Cities incubated the Industrial Revolution by providing the capital and often the cheap labor. But, as in the case of textiles, the manufacturing and labor went to where the power source was. In the beginning that was water, but later electricity supplanted that. This gave rise to the phenomenon of what is today called outsourcing. We associate that word with the moving of jobs overseas, but in the beginning, the movement was internal. For example, after the American Civil War, the northeast’s textile manufacturing began moving (or at least expanding) into the American south, where even cheaper labor was to be had. Although initially this did not cause problems, eventually New England, once the most industrialized area in the U.S., began to decay. These kinds of changes were also partly responsible for the phenomenon of mass unemployment, which was a part of industrialization from the start, as mills and factories could and did suddenly go out of business as a result of competition or bad luck, or a general or regional depression or market panic. Although these episodes could be brutal and involved a good deal of social and economic dislocation, by contrast nothing could equal the force of a natural economic disaster like the potato famine in Ireland, a country that, lacking robust intercity trade and its attendant capital-creation, remained relatively non-industrialized throughout the 19th centuries, so much so that it even lacked the harbor, docking, and road infrastructure to enable it to distribute what little famine aid was available for it from England.
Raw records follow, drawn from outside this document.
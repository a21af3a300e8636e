//! The host's calls on the owners of pages.

ghost use Rattle.std.specs.Prelude.{◌≡◌, ◌+◌, ◌/◌, ◌<◌, ◌≤◌, ℕ, OnOk, false, length};
ghost use Rattle.cove_base.specs.PageWords.{host};
ghost use Rattle.cove_base.specs.Places.{page_word};
ghost use Rattle.cove_base.specs.Stores.{AllAllowed, fills, stored};
ghost use Rattle.cove_base.specs.Unchanged.{Unchanged};
ghost use Rattle.cove_base.specs.declared.calls.HostCall.TheVariants.{Convert, Reclaim};
ghost use Rattle.cove_base.specs.declared.limits.TheConstants.{PAGE_LIMIT};
ghost use Rattle.cove_tvm.specs.Called.{Called, IsReady};
ghost use Rattle.cove_host.specs.Checked.{all_checked, checked};
ghost use Rattle.cove_host.specs.Zeros.{AreZeros};
ghost use Rattle.cove_model.specs.Checks.{AllHost, NoneShared};
ghost use Rattle.cove_model.specs.HostCalls.{rule};
ghost use Rattle.cove_model.specs.LawfulStores.{AllowsLawful};
ghost use Rattle.cove_model.specs.States.{State};
ghost use Rattle.cove_tvm.specs.Stands.{Stands};

use crate::checks::{DONE, aligned, check, free, inside};
use crate::fences::epochs;
use crate::frames::zero_all;
use crate::pages::pages_from;
use crate::runs::{all_host, counted};
use cove_base::{HartId, PageRange, Reply, Status, Words};
use cove_mem::Memory;
use cove_owner::{PageState, any_mapped, set_all};
use cove_tvm::Ground;

/// Puts `n` pages of the host's from the byte address `base` on into conversion.
pub fn convert_pages<W: Words>(w: &mut W, g: &mut Ground, h: HartId, base: u64, n: u64) -> Reply
    requires ready { IsReady (W.words w.old) g.old }
    requires on_board { h.0 < g.old.harts }
    requires allowed { AllowsLawful (W.allows (W.guard w.old)) g.old.pages g.old.harts h.0 (W.words w.old) }
    ensures called { Called h.0 (λ S. rule S h.0 (Convert base n)) (W.words w.old) (W.words w.new) g.old g.new result }
    ensures guard { W.guard w.new ≡ W.guard w.old }
{
    match convertible(w, g, base, n) {
        Err(reply) => reply,
        Ok(()) => {
            let since = epochs(g).current(w);
            set_all(w, pages_from(base, n), PageState::Converting { since });
            DONE
        }
    }
}

// The checks of the call, in the order of its rule.
fn convertible<W: Words>(w: &mut W, g: &Ground, base: u64, n: u64) -> Result<(), Reply>
    requires ready { IsReady (W.words w.old) g.now }
    ensures told { (hart : ℕ) (S : State) → Stands (W.words w.old) g.now S
        → result ≡ all_checked (rule S hart (Convert base n)).checks }
    ensures inside { OnOk result (base / 4096 + n ≤ g.now.pages) }
    ensures unchanged { Unchanged W.words W.clean W.guard w.old w.new }
{
    counted(n)?;
    aligned(base)?;
    inside(g, base, n)?;
    all_host(w, g, base, n)?;
    none_shared(w, g, base, n)
}

/// Gives `n` free pages from the byte address `base` on back to the host, filled with zeros.
pub fn reclaim_pages<W: Words>(w: &mut W, g: &mut Ground, h: HartId, base: u64, n: u64) -> Reply
    requires ready { IsReady (W.words w.old) g.old }
    requires on_board { h.0 < g.old.harts }
    requires allowed { AllowsLawful (W.allows (W.guard w.old)) g.old.pages g.old.harts h.0 (W.words w.old) }
    ensures called { Called h.0 (λ S. rule S h.0 (Reclaim base n)) (W.words w.old) (W.words w.new) g.old g.new result }
    ensures guard { W.guard w.new ≡ W.guard w.old }
{
    match reclaimable(w, g, base, n) {
        Err(reply) => reply,
        Ok(()) => {
            let range = pages_from(base, n);
            zero_all(&mut g.memory, range.first, range.count);
            give_back(w, &g.memory, range);
            DONE
        }
    }
}

// The checks of the call, in the order of its rule.
fn reclaimable<W: Words>(w: &mut W, g: &Ground, base: u64, n: u64) -> Result<(), Reply>
    requires ready { IsReady (W.words w.old) g.now }
    ensures told { (hart : ℕ) (S : State) → Stands (W.words w.old) g.now S
        → result ≡ all_checked (rule S hart (Reclaim base n)).checks }
    ensures inside { OnOk result (base / 4096 + n ≤ g.now.pages) }
    ensures unchanged { Unchanged W.words W.clean W.guard w.old w.new }
{
    counted(n)?;
    aligned(base)?;
    inside(g, base, n)?;
    free(w, g, base, n)
}

// No TVM maps any of these pages of the host's.
fn none_shared<W: Words>(w: &mut W, g: &Ground, base: u64, n: u64) -> Result<(), Reply>
    requires ready { IsReady (W.words w.old) g.now }
    requires inside { base / 4096 + n ≤ g.now.pages }
    ensures told { (S : State) → Stands (W.words w.old) g.now S → (AllHost S base n).fails ≡ false
        → result ≡ checked (NoneShared S base n) }
    ensures unchanged { Unchanged W.words W.clean W.guard w.old w.new }
{
    check(any_mapped(w, pages_from(base, n)), Status::Denied)
}

// Gives the pages of a range back to the host, once they are zeros; it takes the memory for this condition alone.
fn give_back<W: Words>(w: &mut W, memory: &Memory, range: PageRange)
    requires zeros { AreZeros memory.now range.first.0 range.count }
    requires places { range.first.0 + range.count ≤ length (W.words w.old) }
    requires limit { range.first.0 + range.count ≤ PAGE_LIMIT }
    requires allowed { AllAllowed (W.allows (W.guard w.old)) (W.words w.old) (fills (page_word range.first.0) range.count (host 0)) }
    ensures words { W.words w.new ≡ stored (W.words w.old) (fills (page_word range.first.0) range.count (host 0)) }
    ensures guard { W.guard w.new ≡ W.guard w.old }
{
    set_all(w, range, PageState::Host { maps: 0 });
}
In both England and the U.S., industrialization brought political changes, as a new class of people began to get very rich. Others got poor. Again, in the U.S., industrialization probably made the Civil War inevitable. The South was agricultural and detested the North’s insistence on high tariffs. Tariffs effectively picked the South’s pocket, because it used its cotton and tobacco exports to buy manufactured goods in England and Europe. Those good were then taxed upon being brought to the U.S., and the economics of antebellum agriculture were so thin that bringing back cash alone would have bankrupted the planters. But throughout the 19th century, northern American manufacturers couldn’t compete with England and the Continent, either in quality or price, even factoring in transportation costs. Most immigrants to the U.S. came to northern manufacturing states, giving them the political representation in Congress to force high tariffs on the South. After the War, the divide moved from North-South to East-Midwest, as prairie farmers faced ruin due to a gold-based monetary policy that favored creditors. Many of those creditors were in England and Europe, making American manufacturers, who benefited from high tariffs, in debt to foreigners who lent them capital on the assurance that the gold standard would be adhered to. So in spite of the Revolutionary and Civil wars, 19th century American farmers danced to the tune of overlord powers. (Late 19th century gold strikes in the Yukon and South Africa eventually alleviated this problem.) The lesson: uneven industrialization heightened natural divisions between regions, especially in larger countries with varied geography.

The industrialization that began in the 18th century is now over 200 years old. We are now in what historians and social scientists define as the Age of Information. But whatever age we are really in, it remains the same basic industrial revolution: inventing new sources of power.